DESCRIPTION OF THE TASK:
Reproduce exactly the lines from the top of the records below through the line holding "let (middle, high) = cut(behind, b'.');".

--- RECORDS PROVIDED Enclosed Below ---

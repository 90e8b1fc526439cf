ghost use Rattle.std.specs.Prelude.{◌≡◌, ◌∷◌, ◌++◌, true, Some, IfOk};
ghost use Rattle.std.specs.Result.{result_err};
ghost use Rattle.std.specs.Option.{option_map};
ghost use Rattle.xs_fields.specs.Conditions.{answer, earlier_of, first_missed, judged, IsOrMemory};
ghost use Rattle.xs_fields.specs.Integers.{integer_of, is_small};
ghost use Rattle.xs_fields.specs.Lists.{has_small_ends, piece_in, piece_list, piece_of, pieces_meet, pieces_of, point, range_of};
ghost use Rattle.xs_fields.specs.Words.{is_byte, parts};

use crate::compare::at_most;
use crate::condition::{Condition, earlier};
use crate::integer::{is_integer, read_integer, small_value};
use crate::reading::Reading;
use crate::words::{cut, next_word};
use std::alloc::Global;
use xf_num::{NoMemory, Row, Span, Spans};
use xf_text::FieldStop;

/// The range between two values.
fn ordered(low: i128, high: i128) -> Result<Span, Condition>
    requires low_small { is_small low ≡ true }
    requires high_small { is_small high ≡ true }
    ensures { result ≡ judged has_small_ends (range_of (Some low) (Some high)) }
{
    match Span::new(low, high) {
        Some(span) => Ok(span),
        None => Err(Condition::Spelling),
    }
}

/// The range between two integers.
pub fn range(low: &[u8], high: &[u8]) -> Result<Span, Condition>
    ensures { result ≡ judged has_small_ends (range_of (integer_of low.now) (integer_of high.now)) }
{
    if !is_integer(low) || !is_integer(high) || !at_most(low, high) {
        return Err(Condition::Spelling);
    }
    match (small_value(low), small_value(high)) {
        (Some(low), Some(high)) => ordered(low, high),
        _ => Err(Condition::Magnitude),
    }
}

/// The range of one integer.
fn single(word: &[u8]) -> Result<Span, Condition>
    ensures { result ≡ judged has_small_ends (option_map point (integer_of word.now)) }
{
    match read_integer(word) {
        Ok(value) => match Span::new(value, value) {
            Some(span) => Ok(span),
            None => Err(Condition::Spelling),
        },
        Err(missed) => Err(missed),
    }
}

/// The range whose low end and first dot stand before these bytes.
fn range_behind(low: &[u8], behind: &[u8]) -> Result<Span, Condition>
    ensures { result ≡ judged has_small_ends (piece_in (low.now ∷ parts (is_byte 46) behind.now)) }
{
    let (middle, high) = cut(behind, b'.');
    match high {
        None => Err(Condition::Spelling),
        Some(high) => {
            let (high, more) = cut(high, b'.');
            match more {
                None => {
                    if middle.is_empty() {
                        range(low, high)
                    } else {
                        Err(Condition::Spelling)
                    }
                }
                Some(_) => Err(Condition::Spelling),
            }
        }
    }
}

/// What a word of a domain text spells, or the first of `Spelling` and `Magnitude` that it misses.
fn read_piece(word: &[u8]) -> Result<Span, Condition>
    ensures { result ≡ judged has_small_ends (piece_of word.now) }
{
    let (low, behind) = cut(word, b'.');
    match behind {
        None => single(low),
        Some(behind) => range_behind(low, behind),
    }
}

/// Appends what a word spells. What is missed with it.
fn take_piece(
    pieces: &mut Spans,
    missed: Option<Condition>,
    piece: Result<Span, Condition>,
) -> Result<Option<Condition>, NoMemory>
    ensures missed { IfOk result (λ m. m ≡ earlier_of missed (result_err piece)) }
    ensures value { IfOk result (λ _. pieces.new ≡ pieces.old ++ piece_list piece) }
{
    match piece {
        Ok(piece) => {
            pieces.push(piece)?;
            Ok(earlier(missed, None))
        }
        Err(condition) => Ok(earlier(missed, Some(condition))),
    }
}

/// The ranges that a domain text denotes, as written, and the first condition that the text misses: `Spelling` or
/// `Magnitude`. A word that misses one has no range.
pub fn scan_pieces(alloc: Global, text: &[u8]) -> Result<Reading<Spans>, NoMemory>
    ensures missed { IfOk result (λ r. r.missed ≡ first_missed (pieces_meet text.now)) }
    ensures value { IfOk result (λ r. r.value ≡ pieces_of text.now) }
{
    let mut pieces = Row::new(alloc);
    let mut missed = None;
    let mut rest = text;
    while let Some((word, more)) = next_word(rest) {
        missed = take_piece(&mut pieces, missed, read_piece(word))?;
        rest = more;
    }
    Ok(Reading {
        value: pieces,
        missed,
    })
}

/// The ranges that a domain text denotes, as written: integers, and ranges `a..b` with `a` at most `b`.
///
/// A misspelt word is F4, a magnitude above 2^126 - 1 is F10: the first of these over the whole text.
pub fn read_pieces(alloc: Global, text: &[u8]) -> Result<Spans, FieldStop>
    ensures { IsOrMemory result (answer (pieces_meet text.now) (pieces_of text.now)) }
{
    let reading = scan_pieces(alloc, text)?;
    match reading.missed {
        Some(missed) => Err(FieldStop::Refused(missed.kind())),
        None => Ok(reading.value),
    }
}

/// The first of `Spelling` and `Magnitude` that a domain text misses, over the whole text.
pub fn judge_pieces(text: &[u8]) -> Option<Condition>
    ensures { result ≡ first_missed (pieces_meet text.now) }
{
    let mut missed = None;
    let mut rest = text;
    while let Some((word, more)) = next_word(rest) {
        missed = earlier(missed, read_piece(word).err());
        rest = more;
    }
    missed
}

--- End of Enclosed RECORDS PROVIDED ---

SOLUTION FOR THIS TASK:
repository 90e8b1fc526439cf
ghost use Rattle.std.specs.Prelude.{◌≡◌, ◌∷◌, ◌++◌, true, Some, IfOk};
ghost use Rattle.std.specs.Result.{result_err};
ghost use Rattle.std.specs.Option.{option_map};
ghost use Rattle.xs_fields.specs.Conditions.{answer, earlier_of, first_missed, judged, IsOrMemory};
ghost use Rattle.xs_fields.specs.Integers.{integer_of, is_small};
ghost use Rattle.xs_fields.specs.Lists.{has_small_ends, piece_in, piece_list, piece_of, pieces_meet, pieces_of, point, range_of};
ghost use Rattle.xs_fields.specs.Words.{is_byte, parts};

use crate::compare::at_most;
use crate::condition::{Condition, earlier};
use crate::integer::{is_integer, read_integer, small_value};
use crate::reading::Reading;
use crate::words::{cut, next_word};
use std::alloc::Global;
use xf_num::{NoMemory, Row, Span, Spans};
use xf_text::FieldStop;

/// The range between two values.
fn ordered(low: i128, high: i128) -> Result<Span, Condition>
    requires low_small { is_small low ≡ true }
    requires high_small { is_small high ≡ true }
    ensures { result ≡ judged has_small_ends (range_of (Some low) (Some high)) }
{
    match Span::new(low, high) {
        Some(span) => Ok(span),
        None => Err(Condition::Spelling),
    }
}

/// The range between two integers.
pub fn range(low: &[u8], high: &[u8]) -> Result<Span, Condition>
    ensures { result ≡ judged has_small_ends (range_of (integer_of low.now) (integer_of high.now)) }
{
    if !is_integer(low) || !is_integer(high) || !at_most(low, high) {
        return Err(Condition::Spelling);
    }
    match (small_value(low), small_value(high)) {
        (Some(low), Some(high)) => ordered(low, high),
        _ => Err(Condition::Magnitude),
    }
}

/// The range of one integer.
fn single(word: &[u8]) -> Result<Span, Condition>
    ensures { result ≡ judged has_small_ends (option_map point (integer_of word.now)) }
{
    match read_integer(word) {
        Ok(value) => match Span::new(value, value) {
            Some(span) => Ok(span),
            None => Err(Condition::Spelling),
        },
        Err(missed) => Err(missed),
    }
}

/// The range whose low end and first dot stand before these bytes.
fn range_behind(low: &[u8], behind: &[u8]) -> Result<Span, Condition>
    ensures { result ≡ judged has_small_ends (piece_in (low.now ∷ parts (is_byte 46) behind.now)) }
{
    let (middle, high) = cut(behind, b'.');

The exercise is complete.